### REQUIRED WORK
Nothing beyond the line containing "mod faults;" should be printed; print each line exactly from the first line of the listing below through it.

--- START ---

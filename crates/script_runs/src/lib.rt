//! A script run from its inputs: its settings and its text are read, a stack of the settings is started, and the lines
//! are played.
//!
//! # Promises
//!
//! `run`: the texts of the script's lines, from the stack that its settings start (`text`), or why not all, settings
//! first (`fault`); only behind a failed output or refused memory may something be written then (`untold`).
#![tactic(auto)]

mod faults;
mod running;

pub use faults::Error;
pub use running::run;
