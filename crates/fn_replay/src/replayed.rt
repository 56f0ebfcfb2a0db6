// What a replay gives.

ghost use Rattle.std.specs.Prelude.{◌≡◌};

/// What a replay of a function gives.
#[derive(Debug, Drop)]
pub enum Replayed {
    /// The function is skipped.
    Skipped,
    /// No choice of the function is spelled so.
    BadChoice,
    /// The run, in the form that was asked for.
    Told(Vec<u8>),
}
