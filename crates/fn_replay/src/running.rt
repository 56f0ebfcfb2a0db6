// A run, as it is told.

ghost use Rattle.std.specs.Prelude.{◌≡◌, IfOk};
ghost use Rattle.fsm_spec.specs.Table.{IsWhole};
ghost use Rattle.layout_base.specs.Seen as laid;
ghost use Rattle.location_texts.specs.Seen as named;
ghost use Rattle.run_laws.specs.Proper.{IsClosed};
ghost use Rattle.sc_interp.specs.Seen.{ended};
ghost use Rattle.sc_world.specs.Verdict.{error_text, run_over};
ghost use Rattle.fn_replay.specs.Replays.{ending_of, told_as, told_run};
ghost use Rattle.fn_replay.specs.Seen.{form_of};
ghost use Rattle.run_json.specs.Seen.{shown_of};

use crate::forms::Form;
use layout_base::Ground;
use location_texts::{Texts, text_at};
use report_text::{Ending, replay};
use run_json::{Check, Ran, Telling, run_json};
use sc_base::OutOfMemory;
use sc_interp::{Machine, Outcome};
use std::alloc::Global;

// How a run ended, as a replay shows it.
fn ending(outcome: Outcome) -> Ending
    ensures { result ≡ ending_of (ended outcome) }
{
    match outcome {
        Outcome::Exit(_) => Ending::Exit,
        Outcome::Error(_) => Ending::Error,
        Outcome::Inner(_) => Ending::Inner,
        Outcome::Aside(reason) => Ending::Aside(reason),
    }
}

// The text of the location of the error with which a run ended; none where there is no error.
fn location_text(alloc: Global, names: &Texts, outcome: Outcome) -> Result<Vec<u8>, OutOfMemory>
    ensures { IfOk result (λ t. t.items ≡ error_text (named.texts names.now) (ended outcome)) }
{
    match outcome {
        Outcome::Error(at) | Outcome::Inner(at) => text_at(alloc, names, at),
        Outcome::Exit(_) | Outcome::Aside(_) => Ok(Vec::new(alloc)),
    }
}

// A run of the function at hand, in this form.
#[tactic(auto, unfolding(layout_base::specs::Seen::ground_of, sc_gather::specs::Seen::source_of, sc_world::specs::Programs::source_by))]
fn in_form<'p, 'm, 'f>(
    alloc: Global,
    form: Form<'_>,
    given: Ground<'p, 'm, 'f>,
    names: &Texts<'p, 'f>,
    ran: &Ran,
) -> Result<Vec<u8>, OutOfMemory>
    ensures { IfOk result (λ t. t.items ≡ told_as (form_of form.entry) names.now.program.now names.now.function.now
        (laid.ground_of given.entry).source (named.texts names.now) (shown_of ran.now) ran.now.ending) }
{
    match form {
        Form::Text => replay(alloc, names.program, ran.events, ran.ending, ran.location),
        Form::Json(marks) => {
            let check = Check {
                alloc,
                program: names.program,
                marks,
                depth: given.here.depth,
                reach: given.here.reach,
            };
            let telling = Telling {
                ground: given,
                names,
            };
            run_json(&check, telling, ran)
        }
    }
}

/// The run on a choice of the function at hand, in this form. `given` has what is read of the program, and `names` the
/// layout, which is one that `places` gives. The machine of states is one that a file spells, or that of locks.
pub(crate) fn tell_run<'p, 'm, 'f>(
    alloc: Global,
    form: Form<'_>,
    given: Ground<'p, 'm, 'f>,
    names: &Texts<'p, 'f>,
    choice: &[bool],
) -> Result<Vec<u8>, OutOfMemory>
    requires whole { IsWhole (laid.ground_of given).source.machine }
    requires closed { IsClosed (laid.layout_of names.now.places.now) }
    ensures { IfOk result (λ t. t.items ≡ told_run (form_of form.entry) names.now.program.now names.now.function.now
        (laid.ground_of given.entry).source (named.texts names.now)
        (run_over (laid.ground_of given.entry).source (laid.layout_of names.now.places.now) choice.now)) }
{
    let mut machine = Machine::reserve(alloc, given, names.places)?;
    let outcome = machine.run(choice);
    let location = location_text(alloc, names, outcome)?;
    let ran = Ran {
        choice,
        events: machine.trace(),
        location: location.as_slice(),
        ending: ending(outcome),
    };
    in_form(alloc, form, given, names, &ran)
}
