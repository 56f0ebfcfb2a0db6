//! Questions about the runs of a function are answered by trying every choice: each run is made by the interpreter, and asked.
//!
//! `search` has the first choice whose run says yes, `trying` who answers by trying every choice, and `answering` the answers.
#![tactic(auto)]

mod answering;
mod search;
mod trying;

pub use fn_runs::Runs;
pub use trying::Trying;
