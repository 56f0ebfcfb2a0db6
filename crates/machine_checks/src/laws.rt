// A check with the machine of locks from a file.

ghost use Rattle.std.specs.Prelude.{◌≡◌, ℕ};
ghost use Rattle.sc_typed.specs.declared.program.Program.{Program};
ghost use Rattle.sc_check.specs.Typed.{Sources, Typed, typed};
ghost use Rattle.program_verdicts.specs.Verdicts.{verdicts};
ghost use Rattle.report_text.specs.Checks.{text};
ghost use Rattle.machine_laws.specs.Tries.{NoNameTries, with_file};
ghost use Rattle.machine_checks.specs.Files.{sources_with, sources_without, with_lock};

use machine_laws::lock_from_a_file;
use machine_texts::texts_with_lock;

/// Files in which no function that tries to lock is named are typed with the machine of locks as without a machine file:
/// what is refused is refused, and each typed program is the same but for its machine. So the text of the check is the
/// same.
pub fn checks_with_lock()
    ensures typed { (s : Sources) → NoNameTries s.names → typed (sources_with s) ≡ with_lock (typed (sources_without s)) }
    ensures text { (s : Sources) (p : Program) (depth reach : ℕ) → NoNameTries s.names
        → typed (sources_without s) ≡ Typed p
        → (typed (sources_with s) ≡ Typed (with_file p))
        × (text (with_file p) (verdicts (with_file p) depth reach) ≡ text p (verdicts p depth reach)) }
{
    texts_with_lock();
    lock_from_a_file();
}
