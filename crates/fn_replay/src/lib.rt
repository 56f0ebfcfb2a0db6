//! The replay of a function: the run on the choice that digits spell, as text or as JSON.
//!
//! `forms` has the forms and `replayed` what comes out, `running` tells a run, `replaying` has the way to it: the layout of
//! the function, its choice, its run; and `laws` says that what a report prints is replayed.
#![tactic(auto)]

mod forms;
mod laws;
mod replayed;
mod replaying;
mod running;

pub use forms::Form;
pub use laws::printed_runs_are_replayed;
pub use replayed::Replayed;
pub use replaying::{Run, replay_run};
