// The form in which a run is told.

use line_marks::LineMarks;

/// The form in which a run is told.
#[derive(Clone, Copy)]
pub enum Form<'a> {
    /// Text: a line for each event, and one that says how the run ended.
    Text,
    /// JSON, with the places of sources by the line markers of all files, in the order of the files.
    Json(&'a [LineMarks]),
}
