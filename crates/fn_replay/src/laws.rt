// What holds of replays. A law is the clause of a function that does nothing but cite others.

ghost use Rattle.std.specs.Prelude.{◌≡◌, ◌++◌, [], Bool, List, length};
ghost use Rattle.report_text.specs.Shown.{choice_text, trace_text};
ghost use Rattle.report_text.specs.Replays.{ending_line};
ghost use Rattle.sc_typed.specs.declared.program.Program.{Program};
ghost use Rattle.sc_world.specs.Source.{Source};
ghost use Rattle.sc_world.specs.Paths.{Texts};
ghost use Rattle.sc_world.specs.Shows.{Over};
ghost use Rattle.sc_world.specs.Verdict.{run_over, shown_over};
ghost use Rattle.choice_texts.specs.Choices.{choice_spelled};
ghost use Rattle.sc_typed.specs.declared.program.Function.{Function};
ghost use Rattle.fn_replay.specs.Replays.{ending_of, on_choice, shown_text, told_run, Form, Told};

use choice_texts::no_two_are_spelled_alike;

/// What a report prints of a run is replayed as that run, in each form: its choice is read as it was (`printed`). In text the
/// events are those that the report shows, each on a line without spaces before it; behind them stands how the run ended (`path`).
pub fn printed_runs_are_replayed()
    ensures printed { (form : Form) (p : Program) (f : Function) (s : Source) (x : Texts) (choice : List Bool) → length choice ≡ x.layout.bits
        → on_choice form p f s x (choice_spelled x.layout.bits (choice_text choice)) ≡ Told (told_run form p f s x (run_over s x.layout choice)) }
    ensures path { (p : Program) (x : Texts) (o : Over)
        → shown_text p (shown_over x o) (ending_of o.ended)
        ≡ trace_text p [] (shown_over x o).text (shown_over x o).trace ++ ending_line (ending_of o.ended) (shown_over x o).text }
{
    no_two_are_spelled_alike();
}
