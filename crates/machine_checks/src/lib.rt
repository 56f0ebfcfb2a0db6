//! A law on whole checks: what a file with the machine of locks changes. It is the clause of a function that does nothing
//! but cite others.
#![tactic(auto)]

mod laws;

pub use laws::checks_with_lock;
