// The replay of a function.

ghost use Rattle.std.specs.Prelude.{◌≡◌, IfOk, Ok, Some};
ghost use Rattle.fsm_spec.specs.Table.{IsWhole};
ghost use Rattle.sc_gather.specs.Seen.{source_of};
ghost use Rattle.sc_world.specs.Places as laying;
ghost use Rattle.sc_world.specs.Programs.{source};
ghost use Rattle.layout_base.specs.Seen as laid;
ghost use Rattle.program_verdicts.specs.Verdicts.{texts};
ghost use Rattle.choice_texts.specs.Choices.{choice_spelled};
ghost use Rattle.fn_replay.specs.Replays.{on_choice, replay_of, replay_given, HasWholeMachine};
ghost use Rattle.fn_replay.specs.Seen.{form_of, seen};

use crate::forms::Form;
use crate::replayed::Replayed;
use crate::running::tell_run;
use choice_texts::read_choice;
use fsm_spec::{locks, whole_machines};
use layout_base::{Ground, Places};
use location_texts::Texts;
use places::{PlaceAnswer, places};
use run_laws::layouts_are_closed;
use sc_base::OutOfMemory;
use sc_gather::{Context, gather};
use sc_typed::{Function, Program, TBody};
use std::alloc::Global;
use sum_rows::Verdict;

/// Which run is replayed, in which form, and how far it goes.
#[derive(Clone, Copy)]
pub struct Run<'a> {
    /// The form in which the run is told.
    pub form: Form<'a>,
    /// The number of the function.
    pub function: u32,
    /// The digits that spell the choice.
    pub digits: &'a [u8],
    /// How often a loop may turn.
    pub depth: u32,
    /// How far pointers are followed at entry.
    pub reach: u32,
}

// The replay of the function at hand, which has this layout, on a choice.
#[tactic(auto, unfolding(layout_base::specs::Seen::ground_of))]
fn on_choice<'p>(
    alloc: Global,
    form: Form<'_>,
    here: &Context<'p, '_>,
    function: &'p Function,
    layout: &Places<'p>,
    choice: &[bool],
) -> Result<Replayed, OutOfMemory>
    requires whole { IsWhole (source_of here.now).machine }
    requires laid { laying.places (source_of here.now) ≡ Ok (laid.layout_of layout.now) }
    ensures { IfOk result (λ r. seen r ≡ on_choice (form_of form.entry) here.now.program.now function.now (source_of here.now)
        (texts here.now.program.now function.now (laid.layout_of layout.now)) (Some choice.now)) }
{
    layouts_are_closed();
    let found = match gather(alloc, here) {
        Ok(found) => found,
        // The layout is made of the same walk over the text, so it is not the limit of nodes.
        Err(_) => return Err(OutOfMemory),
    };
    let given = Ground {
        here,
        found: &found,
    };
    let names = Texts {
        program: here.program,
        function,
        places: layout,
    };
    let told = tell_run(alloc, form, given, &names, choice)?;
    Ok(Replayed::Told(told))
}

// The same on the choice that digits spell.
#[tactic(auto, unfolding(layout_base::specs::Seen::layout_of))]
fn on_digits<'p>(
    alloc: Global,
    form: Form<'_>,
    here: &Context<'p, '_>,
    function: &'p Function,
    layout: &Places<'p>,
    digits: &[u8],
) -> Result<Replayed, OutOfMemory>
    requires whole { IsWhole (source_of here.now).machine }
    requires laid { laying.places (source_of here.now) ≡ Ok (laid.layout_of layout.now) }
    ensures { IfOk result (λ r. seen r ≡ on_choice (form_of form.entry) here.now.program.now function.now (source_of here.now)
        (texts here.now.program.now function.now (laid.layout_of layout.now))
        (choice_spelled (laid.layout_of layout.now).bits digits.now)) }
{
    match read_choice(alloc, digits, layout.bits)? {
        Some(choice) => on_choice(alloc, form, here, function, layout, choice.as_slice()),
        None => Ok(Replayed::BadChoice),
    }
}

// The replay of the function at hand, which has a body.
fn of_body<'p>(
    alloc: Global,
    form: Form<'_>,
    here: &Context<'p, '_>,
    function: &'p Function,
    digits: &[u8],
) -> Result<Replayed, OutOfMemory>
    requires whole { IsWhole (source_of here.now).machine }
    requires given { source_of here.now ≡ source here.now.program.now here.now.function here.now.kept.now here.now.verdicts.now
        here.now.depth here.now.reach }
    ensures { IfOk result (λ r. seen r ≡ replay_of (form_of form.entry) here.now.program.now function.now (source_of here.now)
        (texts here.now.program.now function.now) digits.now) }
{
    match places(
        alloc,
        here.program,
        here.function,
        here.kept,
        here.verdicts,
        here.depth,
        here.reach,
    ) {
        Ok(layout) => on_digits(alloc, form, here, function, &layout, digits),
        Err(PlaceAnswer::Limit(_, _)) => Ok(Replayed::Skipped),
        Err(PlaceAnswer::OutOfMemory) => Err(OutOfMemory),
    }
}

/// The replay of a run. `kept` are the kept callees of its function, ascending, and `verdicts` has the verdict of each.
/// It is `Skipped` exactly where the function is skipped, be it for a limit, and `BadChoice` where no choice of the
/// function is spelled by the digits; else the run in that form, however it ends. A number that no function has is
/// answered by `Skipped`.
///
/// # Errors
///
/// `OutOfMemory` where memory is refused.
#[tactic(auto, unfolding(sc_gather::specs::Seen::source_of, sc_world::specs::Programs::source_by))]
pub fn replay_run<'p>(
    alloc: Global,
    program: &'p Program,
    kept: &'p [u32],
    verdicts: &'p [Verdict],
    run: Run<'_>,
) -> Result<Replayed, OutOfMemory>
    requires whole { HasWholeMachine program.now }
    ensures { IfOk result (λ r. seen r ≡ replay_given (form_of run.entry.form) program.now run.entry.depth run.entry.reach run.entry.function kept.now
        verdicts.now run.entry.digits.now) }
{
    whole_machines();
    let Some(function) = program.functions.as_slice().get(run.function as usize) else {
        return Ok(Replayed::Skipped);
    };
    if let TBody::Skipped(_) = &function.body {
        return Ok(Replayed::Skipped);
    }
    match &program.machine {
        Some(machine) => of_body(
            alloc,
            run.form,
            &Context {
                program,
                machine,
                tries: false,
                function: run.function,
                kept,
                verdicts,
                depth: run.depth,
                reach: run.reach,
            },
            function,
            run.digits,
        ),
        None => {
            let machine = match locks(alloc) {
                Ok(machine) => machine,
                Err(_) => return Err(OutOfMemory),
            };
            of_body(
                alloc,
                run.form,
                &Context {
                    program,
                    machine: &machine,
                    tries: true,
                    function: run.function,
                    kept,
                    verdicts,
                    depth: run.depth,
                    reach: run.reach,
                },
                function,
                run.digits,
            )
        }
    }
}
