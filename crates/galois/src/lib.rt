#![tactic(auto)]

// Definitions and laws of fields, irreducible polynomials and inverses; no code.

--- END ---

### REPLY TO THE TASK
filename crates/script_runs/src/lib.rt
//! A script run from its inputs: its settings and its text are read, a stack of the settings is started, and the lines
//! are played.
//!
//! # Promises
//!
//! `run`: the texts of the script's lines, from the stack that its settings start (`text`), or why not all, settings
//! first (`fault`); only behind a failed output or refused memory may something be written then (`untold`).
#![tactic(auto)]

mod faults;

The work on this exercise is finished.